**Action item:** Return every line from the records below that has the word "const".
■ ■ ■ ■ ■
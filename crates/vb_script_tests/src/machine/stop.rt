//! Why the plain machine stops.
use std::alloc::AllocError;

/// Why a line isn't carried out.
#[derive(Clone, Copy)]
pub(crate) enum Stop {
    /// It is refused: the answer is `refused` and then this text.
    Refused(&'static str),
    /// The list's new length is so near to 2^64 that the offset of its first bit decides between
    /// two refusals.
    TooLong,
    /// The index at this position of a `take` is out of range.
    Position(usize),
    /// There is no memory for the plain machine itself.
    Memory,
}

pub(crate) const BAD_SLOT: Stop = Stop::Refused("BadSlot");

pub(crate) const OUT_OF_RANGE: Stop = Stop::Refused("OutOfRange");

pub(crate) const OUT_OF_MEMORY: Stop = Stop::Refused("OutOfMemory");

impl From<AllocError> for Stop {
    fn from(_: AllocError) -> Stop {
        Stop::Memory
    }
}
■ ■ ■ ■ ■
**Solution for this exercise:**
pub(crate) const BAD_SLOT: Stop = Stop::Refused("BadSlot");
pub(crate) const OUT_OF_RANGE: Stop = Stop::Refused("OutOfRange");
pub(crate) const OUT_OF_MEMORY: Stop = Stop::Refused("OutOfMemory");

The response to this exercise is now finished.